Environment Variables
| Variable | Default | Purpose |
|---|---|---|
SPECIFICITY_CACHE_TTL |
3600 |
Cache TTL in seconds |
SPECIFICITY_DEFAULT_THRESHOLD |
0.5 |
Default filtering threshold |
SPECIFICITY_TEMPLATE_FALLBACK |
general_heritage |
Fallback template ID |
SPECIFICITY_ENABLE_METRICS |
false |
Enable Prometheus metrics |
ZAI_API_TOKEN |
(required for DSPy) | Z.AI API token for classification |
Version Compatibility Matrix
| Python | LinkML | DSPy | Pydantic | Status |
|---|---|---|---|---|
| 3.11+ | 1.6+ | 2.6+ | 2.0+ | ✅ Supported |
| 3.10 | 1.6+ | 2.6+ | 2.0+ | ✅ Supported |
| 3.9 | 1.5+ | 2.5+ | 2.0+ | ⚠️ Limited |
| <3.9 | - | - | - | ❌ Not supported |
Docker Considerations
If deploying in Docker, ensure these are in the Dockerfile:
# System dependencies for graphviz (if using UML visualization)

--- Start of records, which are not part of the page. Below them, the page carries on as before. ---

//! Threads that send, flush and lose errors at once.
use crate::workshop::{Held, Note, capture_event, lose_error, network_errors, options};
use sentry_base::protocol::{Envelope, Refusal};
use sentry_client_reports::Recorder;
use sentry_lock::{Client, CoreLock};
use std::alloc::Global;
use std::test::Fail;
use std::thread::{Threads, join, map_vec};

fn lose_thousand(mut recorder: Recorder) {
    for _ in 0..1000 {
        lose_error(&mut recorder);
    }
}

/// The recorder, and three more that are split from it; none without one.
fn four_recorders(alloc: Global, recorder: Option<Recorder>) -> Result<Vec<Recorder>, Fail> {
    let mut recorders = Vec::new(alloc);
    let Some(mut rest) = recorder else {
        return Ok(recorders);
    };
    for _ in 0..3 {
        let (recorder, other) = rest.split().map_err(|(refusal, _)| refusal)?;
        recorders.push(recorder)?;
        rest = other;
    }
    recorders.push(rest)?;
    Ok(recorders)
}

/// Sends a hundred messages from this number on, and after each one an empty envelope, and flushes.
fn send_hundred<L: CoreLock>(client: &Client<L>, first: u64) -> Result<(), Refusal> {
    let alloc = client.core().allocator();
    for number in first..first.saturating_add(100) {
        capture_event(client, number)?;
        drop(client.flush(Some(1))?);
        client.send_envelope(Envelope::new(alloc))?;
    }
    Ok(())
}

/// The same of two clients, in threads of their own.
fn send_in_two_threads<R: Threads + Sync, L: CoreLock + Send + Sync + 'static>(
    rt: &R,
    client: &Client<L>,
    other: &Client<L>,
) -> Result<(), Refusal>
where
    L::Processor: Send + Sync + 'static,
    L::Callbacks: Send + Sync + 'static,
    L::Transport: Send + Sync + 'static,
{
    let (first, second) = join(rt, || send_hundred(client, 1), || send_hundred(other, 101));
    first?;
    second
}

/// How many of these are no flushes.
fn count_sent(asked: &[Note]) -> u64 {
    let mut sent = 0u64;
    for note in asked {
        if *note != Note::Flush(1) {
            sent = sent.wrapping_add(1);
        }
    }
    sent
}

/// Whether these are flushes and the events from 1 to 200, each of them once, in any order.
fn is_each_once(asked: &[Note]) -> bool {
    let mut all = count_sent(asked) == 200;
    for number in 1..201u64 {
        all &= asked.contains(&Note::Send(u128::from(number)));
    }
    all
}

/// Splits the recorder of a client for four threads, which lose a thousand errors each, while two more send. Answers
/// whether its words are closed then, and how many errors are pending.
fn lose_and_send<R: Threads + Sync, L: CoreLock + Send + Sync + 'static>(
    rt: &R,
    held: &mut Held<L>,
) -> Result<(bool, u64), Fail>
where
    L::Processor: Send + Sync + 'static,
    L::Callbacks: Send + Sync + 'static,
    L::Transport: Send + Sync + 'static,
{
    let alloc = held.client.core().allocator();
    let recorders = four_recorders(alloc, held.recorder.take())?;
    let other = held.client.clone()?;
    let client = &held.client;
    let (lost, sent) = join(
        rt,
        || map_vec(rt, recorders, &|recorder: Recorder| lose_thousand(recorder)),
        || send_in_two_threads(rt, client, &other),
    );
    lost?;
    sent?;
    Ok((held.close_losses()?, held.pending()?))
}

#[test]
fn threads_lose_and_send_at_once(rt: HostRuntime) -> Result<(), Fail> {
    let alloc: Global = rt.alloc();
    let (mut held, notebook) = Held::noted(rt, alloc, options(alloc, false)?, true)?;
    let (is_closed, left) = lose_and_send(&rt, &mut held)?;
    let notes = notebook.take(alloc);
    let told = notes.told;
    assert!(rt; is_closed);
    assert!(rt; network_errors(&told).wrapping_add(left) == 4000);
    assert!(rt; is_each_once(notes.asked.as_slice()));
    Ok(())
}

RUN apt-get update && apt-get install -y graphviz && rm -rf /var/lib/apt/lists/*
# Python dependencies
RUN pip install --no-cache-dir \
pydantic>=2.0 \
pyyaml>=6.0 \
dspy-ai>=2.6 \
linkml>=1.6 \
linkml-runtime>=1.6 \
cachetools>=5.0
# Optional: graphviz Python bindings
# RUN pip install graphviz>=0.20 pydot>=1.4
Dependency Security
All recommended packages are actively maintained and have no known critical CVEs as of 2025-01.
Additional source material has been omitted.